//! Entries of a borrowed key and a borrowed value.
ghost use Rattle.std.specs.Prelude.{◌≡◌, ◌-◌, ◌^◌, ◌<◌, [], ◌∷◌, refl};
ghost use Rattle.archive_forms_values.specs.Tuples.{tuple2};
ghost use Rattle.archive_forms_laws.specs.Fields.{tuple2_spelling};
ghost use Rattle.archive_forms_laws.specs.Serializing.{HasState, SerializesBy};
ghost use Rattle.archive_forms_laws.proofs.Fields.{tuple2_spells};
ghost use Rattle.archive_forms_laws.proofs.Views.{kept_spells, known_spells, seen_spells};
ghost use Rattle.archive_forms_writing.specs.Steps.{StepTakes, StepWrites};
ghost use Rattle.archive_forms_writing.specs.Entries.{entry_spelling};
ghost use Rattle.archive_forms_writing.specs.Calls.Pairs.{CanResolveEntry, ResolvesEntry};
ghost use Rattle.archive_forms_writing.specs.Calls.Data.{WritesData};

use crate::{Archive, Serialize, resolve_field, serialize_element};
use archive_forms_values::Entry;
use archive_shape::{Allocator, Error, Place, Portable, Writer};
use std::marker::PhantomData;

/// A borrowed key and a borrowed value, which are archived as an entry of a map.
#[derive_where(Clone, Copy)]
pub struct EntryAdapter<'a, K, V> {
    pub key: &'a K,
    pub value: &'a V,
}

impl<'a, K, V> EntryAdapter<'a, K, V> {
    /// Creates the entry of a key and a value.
    pub fn new(key: &'a K, value: &'a V) -> Self
        ensures key { result.key ≡ key.entry }
        ensures value { result.value ≡ value.entry }
    {
        EntryAdapter { key, value }
    }
}

/// The resolvers of a key and of its value.
#[derive(Clone, Copy)]
pub struct EntryResolver<A, B> {
    pub key: A,
    pub value: B,
}

impl<'a, K: Archive, V: Archive> Archive for EntryAdapter<'a, K, V> {
    type Archived = Entry<K::Archived, V::Archived>;

    type Resolver = EntryResolver<K::Resolver, V::Resolver>;

    ghost spelling = { entry_spelling K.Archived.shape K.spelling V.Archived.shape V.spelling };

    fn resolve(
        &self,
        resolver: EntryResolver<K::Resolver, V::Resolver>,
        out: Place<'_, Entry<K::Archived, V::Archived>>,
    ) -> Result<(), Error>
        requires { CanResolveEntry K.Archived.shape K.spelling V.Archived.shape V.spelling self.now resolver out }
        ensures { ResolvesEntry K.Archived.shape K.spelling V.Archived.shape V.spelling self.now resolver out.entry out.exit result }
    {
        let Place {
            out,
            start,
            pos,
            ..
        } = out;
        let end = resolve_field(self.key, resolver.key, out, start, pos, 0)?;
        resolve_field(self.value, resolver.value, out, start, pos, end)?;
        Ok(())
    }

    ghost spells = { λ fit. kept_spells fit (tuple2 K.Archived.shape V.Archived.shape) (λ names. K.Archived.knows names × V.Archived.knows names) _ _ (λ r. refl) _
        (seen_spells fit (tuple2 K.Archived.shape V.Archived.shape) (λ names. K.Archived.knows names × V.Archived.knows names) (λ e. (e.key.now, e.value.now))
        (tuple2_spelling K.Archived.shape K.spelling V.Archived.shape V.spelling)
        (tuple2_spells fit (λ names. K.Archived.knows names × V.Archived.knows names) K.Archived.shape K.spelling V.Archived.shape V.spelling
        (known_spells fit K.Archived.shape K.Archived.knows (λ names. K.Archived.knows names × V.Archived.knows names) (λ _ k. k.0) K.spelling (K.spells fit))
        (known_spells fit V.Archived.shape V.Archived.knows (λ names. K.Archived.knows names × V.Archived.knows names) (λ _ k. k.1) V.spelling (V.spells fit)))) };
}

/// Writes the data of a key and then that of its value, each by its own step.
pub fn serialize_entry_each<
    'a,
    K: Archive,
    V: Archive,
    S: Writer + Allocator,
    F: Fn(&K, &mut S) -> Result<(K::Resolver, PhantomData<K::Archived>), Error>,
    G: Fn(&V, &mut S) -> Result<(V::Resolver, PhantomData<V::Archived>), Error>,
>(
    entry: &EntryAdapter<'a, K, V>,
    serializer: &mut S,
    first: F,
    second: G,
) -> Result<EntryResolver<K::Resolver, V::Resolver>, Error>
    requires room { S.failures serializer.old < 2 ^ 64 - 1 }
    requires state { HasState S.pos S.known serializer.old }
    requires takes_first { StepTakes F.Fn S.Writer first (entry.now.key.now ∷ []) }
    requires writes_first { StepWrites F.Fn (λ q. q.0) K.spelling S.Writer first }
    requires takes_second { StepTakes G.Fn S.Writer second (entry.now.value.now ∷ []) }
    requires writes_second { StepWrites G.Fn (λ q. q.0) V.spelling S.Writer second }
    ensures { WritesData ⟦<EntryAdapter<'a, K, V> as Archive>⟧ S.Writer entry.now serializer.old serializer.new result }
{
    let key = first(entry.key, serializer)?.0;
    let value = second(entry.value, serializer)?.0;
    Ok(EntryResolver { key, value })
}

impl<'a, S: Writer + Allocator, K: Serialize<S>, V: Serialize<S>> Serialize<S>
    for EntryAdapter<'a, K, V> {
    fn serialize(
        &self,
        serializer: &mut S,
    ) -> Result<EntryResolver<K::Resolver, V::Resolver>, Error> {
        serialize_entry_each::<K, V, S, _, _>(
            self,
            serializer,
            |key: &K, s: &mut S| -> Result<(K::Resolver, PhantomData<K::Archived>), Error>
                requires room { S.failures s.old < 2 ^ 64 - 1 }
                requires state { HasState S.pos S.known s.old }
                ensures { SerializesBy (λ q. q.0) K.spelling S.Writer key.now s.old s.new result }
            { serialize_element(key, s) },
            |value: &V, s: &mut S| -> Result<(V::Resolver, PhantomData<V::Archived>), Error>
                requires room { S.failures s.old < 2 ^ 64 - 1 }
                requires state { HasState S.pos S.known s.old }
                ensures { SerializesBy (λ q. q.0) V.spelling S.Writer value.now s.old s.new result }
            { serialize_element(value, s) },
        )
    }
}
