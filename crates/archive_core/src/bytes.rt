//! The writing of values as whole archives.
ghost use Rattle.std.specs.Prelude.{◌≡◌, ℕ, ◌-◌, ◌^◌, ◌<◌, IfOk};
ghost use Rattle.archive_core.specs.Written.{ArchivesIn, HoldsAccepted, HoldsArchive, IsAcceptedUnshared, MakesBytes, MadeArchive};

use archive_core_serializing::{HighSerializer, Serializer, Share};
use archive_forms_writing::{Serialize, serialize_using};
use archive_shape::{Allocator, Error, Writer};
use std::alloc::Global;

/// Writes the data of a value and then its own bytes, as the root at the end of an archive, with memory of `allocator`.
/// Returns the writer, which is dropped on an error.
pub fn to_bytes_in_with_alloc<
    T: Serialize<HighSerializer<W, A>>,
    W: Writer + Drop,
    A: Allocator + Drop,
>(value: &T, writer: W, allocator: A) -> Result<W, Error>
    requires room { W.failures writer < 2 ^ 64 - 1 }
    ensures writes { ArchivesIn T.Archived.shape T.spelling W.Writer value.now writer result }
    ensures archive { IfOk result (HoldsArchive T.Archived.shape T.spelling W.Writer value.now writer T.Archived.knows) }
    ensures accepted { IfOk result (HoldsAccepted T.Archived.shape W.Writer writer T.Archived.knows) }
{
    let sharing = Share::new(allocator.memory());
    let mut serializer = Serializer::new(writer, allocator, sharing);
    serialize_using(value, &mut serializer)?;
    Ok(serializer.into_writer())
}

/// Writes the data of a value and then its own bytes, as the root at the end of an archive. Returns the writer, which
/// is dropped on an error.
pub fn to_bytes_in<T: Serialize<HighSerializer<W, Global>>, W: Writer + Drop>(
    alloc: Global,
    value: &T,
    writer: W,
) -> Result<W, Error>
    requires room { W.failures writer < 2 ^ 64 - 1 }
    ensures writes { ArchivesIn T.Archived.shape T.spelling W.Writer value.now writer result }
    ensures archive { IfOk result (HoldsArchive T.Archived.shape T.spelling W.Writer value.now writer T.Archived.knows) }
    ensures accepted { IfOk result (HoldsAccepted T.Archived.shape W.Writer writer T.Archived.knows) }
{
    to_bytes_in_with_alloc::<T, W, Global>(value, writer, alloc)
}

/// Returns the archive of a value. The memory for writing it comes from `allocator`, and that for its bytes from
/// `alloc`.
pub fn to_bytes_with_alloc<T: Serialize<HighSerializer<Vec<u8>, A>>, A: Allocator + Drop>(
    alloc: Global,
    value: &T,
    allocator: A,
) -> Result<Vec<u8>, Error>
    ensures bytes { MakesBytes T.Archived.shape T.spelling value.now (λ bytes. bytes.items) result }
    ensures archive { IfOk result (λ bytes. MadeArchive T.Archived.shape T.Archived.knows T.spelling value.now bytes.items) }
    ensures accepted { IfOk result (λ bytes.
        IsAcceptedUnshared T.Archived.shape T.Archived.knows bytes.items) }
{
    to_bytes_in_with_alloc::<T, Vec<u8>, A>(value, Vec::new(alloc), allocator)
}

/// Returns the archive of a value, with all memory from `alloc`.
pub fn to_bytes<T: Serialize<HighSerializer<Vec<u8>, Global>>>(
    alloc: Global,
    value: &T,
) -> Result<Vec<u8>, Error>
    ensures bytes { MakesBytes T.Archived.shape T.spelling value.now (λ bytes. bytes.items) result }
    ensures archive { IfOk result (λ bytes. MadeArchive T.Archived.shape T.Archived.knows T.spelling value.now bytes.items) }
    ensures accepted { IfOk result (λ bytes.
        IsAcceptedUnshared T.Archived.shape T.Archived.knows bytes.items) }
{
    to_bytes_with_alloc::<T, Global>(alloc, value, alloc)
}
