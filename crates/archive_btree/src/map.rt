//! The type of maps of std that can be archived.
ghost use Rattle.std.specs.Prelude.{◌≡◌, ◌<◌, []};

use std::alloc::Global;
use std::collections::BTreeMap;

/// A map of std that is archived as a search tree with at most `E` entries per node. If it has an entry, `E` is not 0.
#[derive(Drop)]
pub struct OwnedBTreeMap<K: Ord, V, const E: usize> {
    pub map: BTreeMap<K, V, Global>,
    pub ghost some: { (map.entries ≡ [] → ⊥) → 0 < E },
}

> **Work to complete**:
The expected output is the lines from the one with "to_bytes_with_alloc::<T, Global>(alloc, value, alloc)" through the end of the data, exactly as written and nothing more.

> **Worked solution**:
    to_bytes_with_alloc::<T, Global>(alloc, value, alloc)
}
filename crates/archive_btree/src/map.rt
//! The type of maps of std that can be archived.
ghost use Rattle.std.specs.Prelude.{◌≡◌, ◌<◌, []};

use std::alloc::Global;
use std::collections::BTreeMap;

/// A map of std that is archived as a search tree with at most `E` entries per node. If it has an entry, `E` is not 0.
#[derive(Drop)]
pub struct OwnedBTreeMap<K: Ord, V, const E: usize> {
    pub map: BTreeMap<K, V, Global>,
    pub ghost some: { (map.entries ≡ [] → ⊥) → 0 < E },
}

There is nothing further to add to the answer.